### Given entries
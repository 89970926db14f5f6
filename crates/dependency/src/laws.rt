//! Laws of the dependency relation. The functions do nothing: what each ensures is a theorem, which the layers above may cite.

ghost use Rattle.dependency.specs.Laws.{HasOrder, HasStages, StagesAreAcyclic, StagesAreOccurrences, StagesWeighAsTree};

/// Where the dependency relation has no closed chain there is an order of the occurrences.
pub fn orders()
    ensures { HasOrder }
{}

/// The branches of a tree can be added step by step, each after those that it waits for, exactly where the dependency relation has no
/// closed chain.
pub fn stages()
    ensures exist { HasStages }
    ensures acyclic { StagesAreAcyclic }
{}

/// The stages of a tree are as many as its occurrences, and their terms weigh as much.
pub fn weights()
    ensures many { StagesAreOccurrences }
    ensures weight { StagesWeighAsTree }
{}
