//! The dependency relation of expansion proofs (Miller 1987): an order of the occurrences, or a closed chain of them.
#![tactic(auto)]

pub mod dependencies;
pub mod faults;
mod graphs;
pub mod laws;
mod nesting;
pub mod orders;
mod uses;
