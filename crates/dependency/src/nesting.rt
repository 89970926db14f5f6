//! In which branches selected variables and other branches stand.

ghost use Rattle.std.specs.Prelude.{◌≡◌, ◌+◌, ◌-◌, ◌<◌, ◌≤◌, ℕ, IfOk, Some, length, slice_index};
ghost use Rattle.dependency.specs.Dependencies.{occurrence_at};
ghost use Rattle.expansion_tree.specs.Occurrences.{Occurrence, occurrences_of};
ghost use Rattle.dependency.specs.Nesting.{AreNested, AreOwners, AreParents, AreSelections, IsInnermost, IsOwner, IsPast, IsScanned};

use expansion_tree::fitted::Fitted;
use std::alloc::{AllocError, Global};

/// The innermost of an occurrence and those above it whose branch doesn't end before the node, or 0 where there is none.
fn climb(fitted: &Fitted, parents: &[u64], from: u64, node: u64) -> u64
    requires nested { AreNested (occurrences_of fitted.now.tree) }
    requires parents { AreParents (occurrences_of fitted.now.tree) parents.now }
    requires from { from < length parents.now }
    requires known { length parents.now ≤ length (occurrences_of fitted.now.tree) + 1 }
    requires starts { (o : Occurrence) → occurrence_at (occurrences_of fitted.now.tree) from ≡ Some o → o.first ≤ node }
    ensures { (bound : ℕ) → from ≤ bound → IsPast (occurrences_of fitted.now.tree) from bound node → IsInnermost (occurrences_of fitted.now.tree) bound node result }
{
    let mut e = from;
    while e > 0 {
        if node <= fitted.occurrence(e).last {
            return e;
        }
        e = parents[e as usize];
    }
    e
}

/// At the number of each occurrence the one right above it, or 0 where there is none.
pub fn parents(alloc: Global, fitted: &Fitted) -> Result<Vec<u64>, AllocError>
    requires { AreNested (occurrences_of fitted.now.tree) }
    ensures many { IfOk result (λ parents. length parents.items ≡ length (occurrences_of fitted.now.tree) + 1) }
    ensures each { IfOk result (λ parents. AreParents (occurrences_of fitted.now.tree) parents.items) }
{
    let mut parents = Vec::new(alloc);
    parents.push(0)?;
    for e in 0..fitted.occurrence_count() {
        let first = fitted.occurrence(e + 1).node;
        let parent = climb(fitted, &parents, e, first);
        parents.push(parent)?;
    }
    Ok(parents)
}

/// A look at nodes in their order: how many occurrences begin up to the last one, and the innermost of them around it.
#[derive(Clone, Copy)]
struct Scan {
    opened: u64,
    innermost: u64,
}

impl Scan {
    /// Goes on over the occurrences that begin up to the node.
    fn open(&mut self, fitted: &Fitted, node: u64)
        requires nested { AreNested (occurrences_of fitted.now.tree) }
        requires scanned { IsScanned (occurrences_of fitted.now.tree) self.old.opened self.old.innermost node }
        ensures scanned { IsScanned (occurrences_of fitted.now.tree) self.new.opened self.new.innermost node }
        ensures all { (f : ℕ) (o : Occurrence) → self.new.opened < f → occurrence_at (occurrences_of fitted.now.tree) f ≡ Some o → node < o.first }
    {
        while self.opened < fitted.occurrence_count() {
            if fitted.occurrence(self.opened + 1).node > node {
                return;
            }
            self.opened += 1;
            self.innermost = self.opened;
        }
    }

    /// The innermost occurrence whose branch has the node, or 0 where there is none.
    fn owner(&mut self, fitted: &Fitted, parents: &[u64], node: u64) -> u64
        requires nested { AreNested (occurrences_of fitted.now.tree) }
        requires parents { AreParents (occurrences_of fitted.now.tree) parents.now }
        requires known { length parents.now ≡ length (occurrences_of fitted.now.tree) + 1 }
        requires scanned { IsScanned (occurrences_of fitted.now.tree) self.old.opened self.old.innermost node }
        ensures scanned { IsScanned (occurrences_of fitted.now.tree) self.new.opened self.new.innermost node }
        ensures owner { IsOwner (occurrences_of fitted.now.tree) node result }
    {
        self.open(fitted, node);
        self.innermost = climb(fitted, parents, self.innermost, node);
        self.innermost
    }
}

/// At the place of each selected variable the innermost occurrence whose branch has its node, or 0 where there is none.
pub fn owners(alloc: Global, fitted: &Fitted, parents: &[u64]) -> Result<Vec<u64>, AllocError>
    requires nested { AreNested (occurrences_of fitted.now.tree) }
    requires selections { AreSelections fitted.now.selection_list }
    requires parents { AreParents (occurrences_of fitted.now.tree) parents.now }
    requires known { length parents.now ≡ length (occurrences_of fitted.now.tree) + 1 }
    ensures many { IfOk result (λ owners. length owners.items ≡ length fitted.now.selection_list) }
    ensures each { IfOk result (λ owners. AreOwners (occurrences_of fitted.now.tree) fitted.now.selection_list owners.items) }
{
    let mut owners = Vec::new(alloc);
    let mut scan = Scan {
        opened: 0,
        innermost: 0,
    };
    for k in 0..fitted.selected_count() {
        let node = fitted.selected(k + 1).node;
        let owner = scan.owner(fitted, parents, node);
        owners.push(owner)?;
    }
    Ok(owners)
}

### Aim of the exercise
From the listing above, output exactly the run of lines that starts with the line containing "let mut e = from;" and ends with the line containing "(λ parents. length".

### Response to the exercise
    let mut e = from;
    while e > 0 {
        if node <= fitted.occurrence(e).last {
            return e;
        }
        e = parents[e as usize];
    }
    e
}

/// At the number of each occurrence the one right above it, or 0 where there is none.
pub fn parents(alloc: Global, fitted: &Fitted) -> Result<Vec<u64>, AllocError>
    requires { AreNested (occurrences_of fitted.now.tree) }
    ensures many { IfOk result (λ parents. length parents.items ≡ length (occurrences_of fitted.now.tree) + 1) }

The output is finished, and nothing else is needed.